Content starts

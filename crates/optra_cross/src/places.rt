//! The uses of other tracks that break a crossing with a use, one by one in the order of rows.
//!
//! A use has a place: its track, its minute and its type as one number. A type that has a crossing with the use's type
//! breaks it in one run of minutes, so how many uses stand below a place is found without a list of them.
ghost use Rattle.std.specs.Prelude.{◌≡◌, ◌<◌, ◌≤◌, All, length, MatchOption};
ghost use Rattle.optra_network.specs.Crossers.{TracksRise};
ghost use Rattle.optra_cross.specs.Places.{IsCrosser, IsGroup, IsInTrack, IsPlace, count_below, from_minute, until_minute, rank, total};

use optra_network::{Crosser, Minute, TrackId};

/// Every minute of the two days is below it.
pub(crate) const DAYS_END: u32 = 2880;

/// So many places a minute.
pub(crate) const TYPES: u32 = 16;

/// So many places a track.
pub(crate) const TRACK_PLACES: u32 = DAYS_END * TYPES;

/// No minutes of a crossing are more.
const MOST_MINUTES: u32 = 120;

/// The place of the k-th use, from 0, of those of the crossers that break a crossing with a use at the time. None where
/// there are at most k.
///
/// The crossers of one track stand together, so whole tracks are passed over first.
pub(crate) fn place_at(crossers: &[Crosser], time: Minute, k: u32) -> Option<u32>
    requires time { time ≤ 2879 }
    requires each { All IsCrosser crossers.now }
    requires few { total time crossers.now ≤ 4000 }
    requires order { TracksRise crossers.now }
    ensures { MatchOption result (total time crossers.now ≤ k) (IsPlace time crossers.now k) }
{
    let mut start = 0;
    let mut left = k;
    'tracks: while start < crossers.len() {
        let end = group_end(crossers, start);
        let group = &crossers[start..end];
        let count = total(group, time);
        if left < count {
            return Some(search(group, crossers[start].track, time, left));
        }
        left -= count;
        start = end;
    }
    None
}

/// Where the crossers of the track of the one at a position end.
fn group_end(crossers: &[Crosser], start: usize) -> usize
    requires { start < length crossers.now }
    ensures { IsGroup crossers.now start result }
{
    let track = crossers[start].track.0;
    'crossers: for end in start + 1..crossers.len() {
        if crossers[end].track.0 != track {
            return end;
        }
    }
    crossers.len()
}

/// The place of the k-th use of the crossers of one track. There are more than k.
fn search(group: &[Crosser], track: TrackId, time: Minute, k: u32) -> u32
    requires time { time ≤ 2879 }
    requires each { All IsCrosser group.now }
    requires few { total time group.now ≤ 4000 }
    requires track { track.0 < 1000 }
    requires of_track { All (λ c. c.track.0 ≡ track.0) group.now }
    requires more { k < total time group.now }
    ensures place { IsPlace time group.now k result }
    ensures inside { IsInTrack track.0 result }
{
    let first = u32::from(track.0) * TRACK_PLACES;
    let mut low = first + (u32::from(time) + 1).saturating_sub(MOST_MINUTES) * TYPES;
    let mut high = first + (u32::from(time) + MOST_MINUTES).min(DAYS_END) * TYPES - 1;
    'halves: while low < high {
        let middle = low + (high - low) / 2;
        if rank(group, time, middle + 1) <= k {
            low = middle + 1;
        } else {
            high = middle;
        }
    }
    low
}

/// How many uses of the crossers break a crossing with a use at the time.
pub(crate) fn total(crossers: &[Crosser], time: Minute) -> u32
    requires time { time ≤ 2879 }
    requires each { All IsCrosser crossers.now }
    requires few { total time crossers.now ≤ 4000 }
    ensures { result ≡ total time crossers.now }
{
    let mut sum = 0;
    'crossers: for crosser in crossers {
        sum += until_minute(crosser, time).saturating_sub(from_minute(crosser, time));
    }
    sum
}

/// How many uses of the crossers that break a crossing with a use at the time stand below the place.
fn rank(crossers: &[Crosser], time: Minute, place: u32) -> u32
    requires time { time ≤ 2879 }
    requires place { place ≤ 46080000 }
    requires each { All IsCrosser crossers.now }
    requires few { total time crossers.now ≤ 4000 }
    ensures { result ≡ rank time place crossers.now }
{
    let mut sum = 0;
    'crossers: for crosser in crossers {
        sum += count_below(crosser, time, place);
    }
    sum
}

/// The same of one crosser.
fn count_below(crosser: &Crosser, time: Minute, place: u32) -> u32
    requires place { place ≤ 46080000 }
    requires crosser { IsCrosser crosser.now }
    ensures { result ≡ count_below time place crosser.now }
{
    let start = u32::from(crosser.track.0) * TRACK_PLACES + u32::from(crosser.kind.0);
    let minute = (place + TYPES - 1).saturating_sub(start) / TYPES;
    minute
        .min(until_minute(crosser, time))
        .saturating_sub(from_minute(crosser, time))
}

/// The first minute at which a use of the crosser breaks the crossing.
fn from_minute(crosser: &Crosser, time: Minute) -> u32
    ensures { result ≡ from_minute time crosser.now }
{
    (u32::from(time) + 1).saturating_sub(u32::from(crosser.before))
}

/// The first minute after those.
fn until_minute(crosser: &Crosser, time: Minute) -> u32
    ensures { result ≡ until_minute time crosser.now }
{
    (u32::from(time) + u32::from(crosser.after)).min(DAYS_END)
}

Content ends
Content starts

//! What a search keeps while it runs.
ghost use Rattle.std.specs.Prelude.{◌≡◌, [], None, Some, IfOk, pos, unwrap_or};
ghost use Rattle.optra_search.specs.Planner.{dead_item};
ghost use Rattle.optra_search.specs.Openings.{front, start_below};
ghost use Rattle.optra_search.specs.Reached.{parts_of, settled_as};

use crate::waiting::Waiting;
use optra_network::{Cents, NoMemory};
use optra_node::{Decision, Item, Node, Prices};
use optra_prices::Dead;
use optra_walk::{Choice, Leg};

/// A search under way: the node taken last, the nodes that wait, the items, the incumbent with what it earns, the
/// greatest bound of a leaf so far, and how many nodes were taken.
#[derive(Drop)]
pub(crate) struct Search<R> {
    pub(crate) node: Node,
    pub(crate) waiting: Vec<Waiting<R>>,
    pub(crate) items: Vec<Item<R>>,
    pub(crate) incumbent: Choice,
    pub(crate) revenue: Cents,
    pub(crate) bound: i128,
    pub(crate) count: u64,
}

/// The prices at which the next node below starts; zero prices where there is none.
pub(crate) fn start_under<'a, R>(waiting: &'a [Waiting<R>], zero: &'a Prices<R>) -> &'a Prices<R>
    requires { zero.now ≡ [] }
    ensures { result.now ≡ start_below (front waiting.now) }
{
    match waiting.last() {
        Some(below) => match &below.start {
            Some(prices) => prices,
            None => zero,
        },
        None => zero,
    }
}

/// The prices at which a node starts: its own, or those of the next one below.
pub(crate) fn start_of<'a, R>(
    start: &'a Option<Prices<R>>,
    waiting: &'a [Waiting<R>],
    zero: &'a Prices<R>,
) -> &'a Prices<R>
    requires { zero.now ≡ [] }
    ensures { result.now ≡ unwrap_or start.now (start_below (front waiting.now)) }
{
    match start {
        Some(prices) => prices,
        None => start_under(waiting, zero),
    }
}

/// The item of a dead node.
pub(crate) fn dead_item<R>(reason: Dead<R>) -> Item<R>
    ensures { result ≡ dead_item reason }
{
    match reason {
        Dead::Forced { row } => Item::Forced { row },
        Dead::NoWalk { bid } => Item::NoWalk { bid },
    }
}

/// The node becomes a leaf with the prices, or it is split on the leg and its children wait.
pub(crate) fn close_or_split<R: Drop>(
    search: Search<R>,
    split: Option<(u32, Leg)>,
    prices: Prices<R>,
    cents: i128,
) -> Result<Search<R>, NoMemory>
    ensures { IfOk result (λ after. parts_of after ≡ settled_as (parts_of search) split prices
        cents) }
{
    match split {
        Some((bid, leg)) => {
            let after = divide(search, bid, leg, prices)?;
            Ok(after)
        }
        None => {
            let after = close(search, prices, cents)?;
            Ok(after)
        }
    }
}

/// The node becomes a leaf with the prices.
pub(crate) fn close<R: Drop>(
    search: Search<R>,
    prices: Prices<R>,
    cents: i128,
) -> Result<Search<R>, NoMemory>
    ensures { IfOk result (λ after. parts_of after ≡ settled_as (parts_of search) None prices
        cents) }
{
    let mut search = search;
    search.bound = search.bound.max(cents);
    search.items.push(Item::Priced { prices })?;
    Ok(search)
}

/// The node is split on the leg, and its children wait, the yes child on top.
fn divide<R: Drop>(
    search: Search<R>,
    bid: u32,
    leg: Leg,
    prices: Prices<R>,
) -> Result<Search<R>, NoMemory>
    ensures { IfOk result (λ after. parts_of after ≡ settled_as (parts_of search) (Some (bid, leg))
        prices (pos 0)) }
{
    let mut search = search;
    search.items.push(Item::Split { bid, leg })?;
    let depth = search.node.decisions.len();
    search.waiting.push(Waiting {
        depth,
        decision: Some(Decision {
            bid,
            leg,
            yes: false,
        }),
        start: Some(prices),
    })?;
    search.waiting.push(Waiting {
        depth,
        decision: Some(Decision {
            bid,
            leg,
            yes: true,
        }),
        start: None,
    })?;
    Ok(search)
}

Content ends

WORK ITEM: Copy the lines of the entries above that mention "order".

SOLVED EXERCISE:
//! The uses of other tracks that break a crossing with a use, one by one in the order of rows.
    requires order { TracksRise crossers.now }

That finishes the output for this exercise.